More athletics for women means less for men

July 23, 1999

After nearly 30 years of operation a law requiring equal opportunity in sports for women in the United States has led to a rise in the number of women athletes, according to a government study.

But there has been a second, unanticipated impact: fewer opportunities for men.

The study, by the General Accounting Office - the investigative arm of Congress - backs complaints that universities have cut sports for men to expand opportunities for women in response to the so-called Title IX rules barring discrimination at institutions that receive federal aid.

It comes as Title IX is being singled out for the success of the US women's soccer team and for extraordinary popular interest in this summer's Women's World Cup. More than 600,000 people attended the games, which were held in several US cities.

Passed in 1972, Title IX prohibits gender discrimination in all public primary and secondary schools and public universities. Almost all private universities and colleges are also covered because they receive federal funding in the form of student financial aid programmes.

The law requires that such schools offer opportunities for men and women to play intercollegiate sports at rates "substantially proportionate" to their enrolment. If half the students at a school are women, women should account for half the athletes.

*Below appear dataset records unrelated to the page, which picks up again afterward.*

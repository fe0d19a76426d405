use crate::Place;
use jp_pred::Name;
use sqlite_items::{Boxed, Items};

/// A path of a guard: `this` or a name, and the fields that are read from there on.
#[derive(Debug, Drop)]
pub struct PathText {
    pub place: Place,
    pub root: Name,
    pub steps: Items<Name>,
}

/// A summand of a comparison: a number, a path, or a number times a path. The factor is the number, with
/// whether it was written in hexadecimal digits.
#[derive(Debug, Drop)]
pub struct Summand {
    pub place: Place,
    pub negative: bool,
    pub factor: Option<(u32, bool)>,
    pub path: Option<PathText>,
}

/// A guard, at the place of its first token.
#[derive(Debug, Drop)]
#[cycle(guard)]
pub struct GuardExpr {
    pub place: Place,
    pub kind: GuardKind,
}

/// The kinds of guards. A sign is numbered as in `Lexeme::Sign`.
#[derive(Debug, Drop)]
#[cycle(guard)]
pub enum GuardKind {
    Truth(bool),
    Not(Boxed<GuardExpr>),
    And(Boxed<GuardExpr>, Boxed<GuardExpr>),
    Or(Boxed<GuardExpr>, Boxed<GuardExpr>),
    /// `path@class`, and the name behind `as` where there is one.
    Is {
        path: PathText,
        class: Name,
        alias: Option<Name>,
    },
    /// `path as name`
    Alias {
        path: PathText,
        name: Name,
    },
    /// `path == null` where `equal`, else `path != null`.
    NullTest {
        path: PathText,
        equal: bool,
    },
    /// A path that stands alone.
    Flag(PathText),
    Compare {
        left: Items<Summand>,
        sign: u8,
        right: Items<Summand>,
    },
}
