use crate::{Expr, Place};
use jp_pred::{Name, Ty};
use sqlite_items::{Boxed, Items};

/// A statement, at the place of its first token.
#[derive(Debug, Drop)]
#[cycle(stmt)]
pub struct Stmt {
    pub place: Place,
    pub kind: StmtKind,
}

/// The kinds of statements. A sign is numbered as in `Lexeme::Sign`.
#[derive(Debug, Drop)]
#[cycle(stmt)]
pub enum StmtKind {
    Block(Items<Stmt>),
    Empty,
    Local {
        ty: Ty,
        name: Name,
        value: Option<Expr>,
    },
    If {
        test: Expr,
        yes: Boxed<Stmt>,
        no: Option<Boxed<Stmt>>,
    },
    While {
        test: Expr,
        body: Boxed<Stmt>,
    },
    For {
        init: Option<Boxed<Stmt>>,
        test: Option<Expr>,
        change: Option<Boxed<Stmt>>,
        body: Boxed<Stmt>,
    },
    Break,
    Continue,
    Return(Option<Expr>),
    /// `left = right`, `left += right` or `left -= right`.
    Assign {
        left: Expr,
        sign: u8,
        right: Expr,
    },
    /// `left++` where `up`, else `left--`.
    Bump {
        left: Expr,
        up: bool,
    },
    /// An expression that is a statement.
    Run(Expr),
}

Some universities have tried to reach this balance not by adding women's teams, but by eliminating men's. A few have cut expensive men's sports such as American football in favor of cheaper women's teams that involve larger numbers of participants.

The GAO study found that the number of female undergraduate athletes rose 16 per cent since 1985, the number of women's teams increased by 17 per cent, and the number of athletic scholarships available for women rose 66 per cent. The number of universities with highly competitive women's soccer teams alone has more than doubled in the 1990s.

But the number of male undergraduate athletes fell 12 per cent since 1985, and the number of men's teams decreased by 3 per cent. The number of university wrestling programmes has fallen from about 700 before Title IX to about 300 today, for instance.

Thirty-one universities have cut their men's golf teams. The University of California at Los Angeles has dropped its world-renowned men's swimming, water polo and gymnastics teams, which had produced Olympic gold-medal athletes.

Michigan State University is eliminating men's varsity fencing and lacrosse. Miami University of Ohio has decided to drop men's soccer, tennis and wrestling.

Overall participation rates are considerably higher for men than for women, the GAO found. About 10 per cent of male undergraduates play sports, compared with 5 per cent of women students. In high-school sports, boys still outnumber girls by a two-to-one margin.

Other studies have shown that men's teams still get 80 per cent of university athletic budgets, and 84 per cent of athletic scholarships continue to go to men.